Indeterminate Growth of Meristems:

Though each plant grows according to a certain set of rules, each new root and shoot meristem can go on growing for as long as it is alive. In many plants, meristematic growth is potentially indeterminate, making the overall shape of the plant not determinate in advance. This is the primary growth. Primary growth leads to lengthening of the plant body and organ formation. All plant organs arise ultimately from cell divisions in the apical meristems, followed by cell expansion and differentiation. Primary growth gives rise to the apical part of many plants. The growth of nitrogen fixing nodules on legume plants such as soybean and pea is either determinate or indeterminate. Thus, soybean (or bean and Lotus japonicus) produce determinate nodules (spherical), with a branched vascular system surrounding the central infected zone. Often, Rhizobium infected cells have only small vacuoles. In contrast, nodules on pea, clovers, and Medicago truncatula are indeterminate; to maintain (at least for some time) an active meristem that yields new cells for Rhizobium infection. Thus zones of maturity exist in the nodule. Infected cells usually possess a large vacuole. The plant vascular system is branched and peripheral.

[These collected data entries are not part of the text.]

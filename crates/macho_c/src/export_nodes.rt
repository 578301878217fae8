//! The nodes of an export trie, one after another. (`mach-o/loader.h`: `LC_DYLD_EXPORTS_TRIE`,
//! `dyld_info_command`, `EXPORT_SYMBOL_FLAGS_..`)

ghost use Rattle.std.specs.Prelude.{◌≡◌, ◌≤◌, length, map, IfSome};
ghost use Rattle.macho_fields.specs.Bytes.{bytes_of};
ghost use Rattle.macho_spans.specs.Span.{end_of};
ghost use Rattle.macho_exports.specs.ExportTrie.{node_at};
ghost use Rattle.macho_rows.specs.Cursor.{IsBatch};
ghost use Rattle.macho_c.specs.ExportNodes.{trie_bytes, terminal_export, node_row, edge_row, edges_left, IsNode};

use crate::exports::{KesvuotExport, NO_EXPORT, row_of};
use crate::status::{NONE, OK};
use macho_exports::export_trie::{Export, ExportEdge, ExportNode};
use macho_fields::Span;
use macho_rows::cursor::{KesvuotCursor, START};
use macho_rows::image::KesvuotImage;
use macho_rows::span::{Held, KesvuotSpan, NO_SPAN, held_at};
use macho_rows::table::{Table, fill};

/// A node of an export trie. (`struct kesvuot_export_node`)
#[repr(C)]
#[derive(Clone, Copy)]
pub struct KesvuotExportNode {
    /// What the name that ends at the node is exported as.
    pub exported: KesvuotExport,
    /// Where its terminal part lies in the file. It is empty if no name ends at the node.
    pub terminal: KesvuotSpan,
    /// The cursor of its first edge.
    pub edges: KesvuotCursor,
    /// 1 if the terminal part is an export, otherwise 0.
    pub has_export: u32,
    /// Reserved: 0.
    pub reserved: u32,
}

/// An edge of a node. (`struct kesvuot_export_edge`)
#[repr(C)]
#[derive(Clone, Copy)]
pub struct KesvuotExportEdge {
    /// Where the part of a name that leads along it lies in the file.
    pub label: KesvuotSpan,
    /// Where the node to which it leads begins in the trie.
    pub child: u64,
}

/// Writes the node that begins at an offset of an export trie, up to its edges. Addresses count from the base of
/// the image. The status is `OK`, or `NONE` if the edges would begin past the trie.
#[unsafe(no_mangle)]
pub extern "C" fn kesvuot_read_export_node(
    file: &[u8],
    image: &KesvuotImage,
    trie: &KesvuotSpan,
    offset: u64,
    node: &mut KesvuotExportNode,
) -> u32
    ensures node { IsNode image.now.base trie.now.offset (trie_bytes file.now trie.now) offset result node.new }
    ensures edges { IfSome (node_at (trie_bytes file.now trie.now) offset) (λ whole.
        edges_left trie.now.offset (trie_bytes file.now trie.now) node.new.edges
        ≡ map (edge_row trie.now.offset (trie_bytes file.now trie.now)) whole.edges) }
{
    let trie = held_at(file, trie.offset, trie.size);
    match ExportNode::read(trie.bytes, offset) {
        Some(head) => {
            *node = node_of(image.base, &trie, head);
            OK
        }
        None => {
            *node = NO_NODE;
            NONE
        }
    }
}

/// Writes the edges of a node of an export trie from the cursor on to the rows of the table, until either runs
/// out, moves the cursor past them, and returns how many it wrote. Later rows are unchanged. The cursor of the
/// first edge is the node's `edges`. The first edge that does not end in the trie is not written, and ends them.
#[unsafe(no_mangle)]
pub extern "C" fn kesvuot_read_export_edges(
    file: &[u8],
    trie: &KesvuotSpan,
    cursor: &mut KesvuotCursor,
    rows: &mut [KesvuotExportEdge],
) -> usize
    ensures { IsBatch (edges_left trie.now.offset (trie_bytes file.now trie.now)) cursor.old cursor.new result
        rows.old rows.new }
{
    let edges = ExportEdges {
        trie: held_at(file, trie.offset, trie.size),
    };
    fill(&edges, cursor, rows)
}

// No node.
const NO_NODE: KesvuotExportNode = KesvuotExportNode {
    exported: NO_EXPORT,
    terminal: NO_SPAN,
    edges: START,
    has_export: 0,
    reserved: 0,
};

// The row of a node, by what it begins with.
fn node_of(base: u64, trie: &Held, head: ExportNode) -> KesvuotExportNode
    requires { end_of head.terminal ≤ length (bytes_of trie.now.bytes) }
    ensures { result ≡ node_row base trie.now.place (bytes_of trie.now.bytes) head }
{
    let node = KesvuotExportNode {
        terminal: trie.part(head.terminal.start, head.terminal.len),
        edges: KesvuotCursor {
            place: head.edges,
            items: u64::from(head.edge_count),
            ..START
        },
        ..NO_NODE
    };
    match export_of(trie, head.terminal) {
        Some(export) => KesvuotExportNode {
            exported: row_of(base, trie, export),
            has_export: 1,
            ..node
        },
        None => node,
    }
}

// The export in a terminal part. It is `None` if the part is empty, or is not an export.
fn export_of(trie: &Held, terminal: Span) -> Option<Export>
    requires { end_of terminal ≤ length (bytes_of trie.now.bytes) }
    ensures { result ≡ terminal_export (bytes_of trie.now.bytes) terminal }
{
    if terminal.len == 0 {
        return None;
    }
    let (export, _) = Export::read(trie.bytes, terminal)?;
    Some(export)
}

// The edges in a trie. The cursor has the offset of the next one, and how many there are from there on.
#[derive(Clone, Copy)]
struct ExportEdges<'a> {
    trie: Held<'a>,
}

impl<'a> Table for ExportEdges<'a> {
    ghost use Rattle.macho_fields.specs.Bytes.{bytes_of};
    ghost use Rattle.macho_c.specs.ExportNodes.{edges_left};

    type Row = KesvuotExportEdge;

    ghost left = { λ t. edges_left t.trie.place (bytes_of t.trie.bytes) };

    fn next(&self, cursor: &mut KesvuotCursor) -> Option<KesvuotExportEdge> {
        let items = cursor.items.checked_sub(1)?;
        let (edge, next) = ExportEdge::read(self.trie.bytes, cursor.place)?;
        cursor.place = next;
        cursor.items = items;
        Some(edge_of(&self.trie, edge))
    }
}

// The row of an edge.
fn edge_of(trie: &Held, edge: ExportEdge) -> KesvuotExportEdge
    ensures { result ≡ edge_row trie.now.place (bytes_of trie.now.bytes) edge }
{
    KesvuotExportEdge {
        label: trie.part(edge.label.start, edge.label.len),
        child: edge.child,
    }
}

Role of Hormones in Shoot Apical Meristem Function:

Plant organs are produced in meristems in a continuous and predictable but nevertheless flexible manner. Phytohormones and transcription factors cooperate to balance meristem maintenance and organ production. Recent research has provided clues to the mechanisms underlying this cooperation. KNOTTED1-like homeobox (KNOX) and WUSCHEL (WUS) transcription factors facilitate high cytokinin activity in the shoot apical meristem (SAM), whereas high gibberellin and auxin activities promote the initiation of lateral organs at specific sites in the SAM flanks.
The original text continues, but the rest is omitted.